Collected data entries:
================================
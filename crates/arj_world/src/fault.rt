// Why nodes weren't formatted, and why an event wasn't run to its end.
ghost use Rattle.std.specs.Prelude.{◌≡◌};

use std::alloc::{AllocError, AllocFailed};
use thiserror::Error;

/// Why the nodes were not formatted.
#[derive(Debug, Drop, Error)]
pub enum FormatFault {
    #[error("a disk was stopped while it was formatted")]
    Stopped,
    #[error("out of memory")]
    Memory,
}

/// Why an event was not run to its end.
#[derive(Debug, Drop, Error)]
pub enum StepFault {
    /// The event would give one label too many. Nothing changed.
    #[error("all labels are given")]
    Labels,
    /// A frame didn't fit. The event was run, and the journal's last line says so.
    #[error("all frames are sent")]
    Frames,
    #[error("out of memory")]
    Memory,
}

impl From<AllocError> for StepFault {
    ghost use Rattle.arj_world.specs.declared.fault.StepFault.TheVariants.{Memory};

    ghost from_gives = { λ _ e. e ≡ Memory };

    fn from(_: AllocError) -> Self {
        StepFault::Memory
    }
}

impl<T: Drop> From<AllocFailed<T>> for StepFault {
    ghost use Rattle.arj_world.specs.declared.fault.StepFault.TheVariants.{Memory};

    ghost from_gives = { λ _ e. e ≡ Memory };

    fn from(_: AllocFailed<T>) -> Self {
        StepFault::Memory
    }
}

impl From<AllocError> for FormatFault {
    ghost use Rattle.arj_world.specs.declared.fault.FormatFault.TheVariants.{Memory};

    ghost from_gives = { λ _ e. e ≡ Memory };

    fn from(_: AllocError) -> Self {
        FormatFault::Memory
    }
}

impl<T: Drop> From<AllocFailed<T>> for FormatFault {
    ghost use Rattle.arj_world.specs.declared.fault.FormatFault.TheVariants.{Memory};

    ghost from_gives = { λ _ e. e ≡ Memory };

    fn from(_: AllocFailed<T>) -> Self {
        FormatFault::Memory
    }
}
================================
• Task
When you write the entries out again, keep every word and mark exactly as it is.

• Exercise response
filename crates/arj_world/src/fault.rt
// Why nodes weren't formatted, and why an event wasn't run to its end.
ghost use Rattle.std.specs.Prelude.{◌≡◌};

use std::alloc::{AllocError, AllocFailed};
use thiserror::Error;

/// Why the nodes were not formatted.
#[derive(Debug, Drop, Error)]
pub enum FormatFault {
    #[error("a disk was stopped while it was formatted")]
    Stopped,
    #[error("out of memory")]
    Memory,
}

/// Why an event was not run to its end.
#[derive(Debug, Drop, Error)]
pub enum StepFault {
    /// The event would give one label too many. Nothing changed.
    #[error("all labels are given")]
    Labels,
    /// A frame didn't fit. The event was run, and the journal's last line says so.
    #[error("all frames are sent")]
    Frames,
    #[error("out of memory")]
    Memory,
}

impl From<AllocError> for StepFault {
    ghost use Rattle.arj_world.specs.declared.fault.StepFault.TheVariants.{Memory};

    ghost from_gives = { λ _ e. e ≡ Memory };

    fn from(_: AllocError) -> Self {
        StepFault::Memory
    }
}

impl<T: Drop> From<AllocFailed<T>> for StepFault {
    ghost use Rattle.arj_world.specs.declared.fault.StepFault.TheVariants.{Memory};

    ghost from_gives = { λ _ e. e ≡ Memory };

    fn from(_: AllocFailed<T>) -> Self {
        StepFault::Memory
    }
}

impl From<AllocError> for FormatFault {
    ghost use Rattle.arj_world.specs.declared.fault.FormatFault.TheVariants.{Memory};

    ghost from_gives = { λ _ e. e ≡ Memory };

    fn from(_: AllocError) -> Self {
        FormatFault::Memory
    }
}

impl<T: Drop> From<AllocFailed<T>> for FormatFault {
    ghost use Rattle.arj_world.specs.declared.fault.FormatFault.TheVariants.{Memory};

    ghost from_gives = { λ _ e. e ≡ Memory };

    fn from(_: AllocFailed<T>) -> Self {
        FormatFault::Memory
    }
}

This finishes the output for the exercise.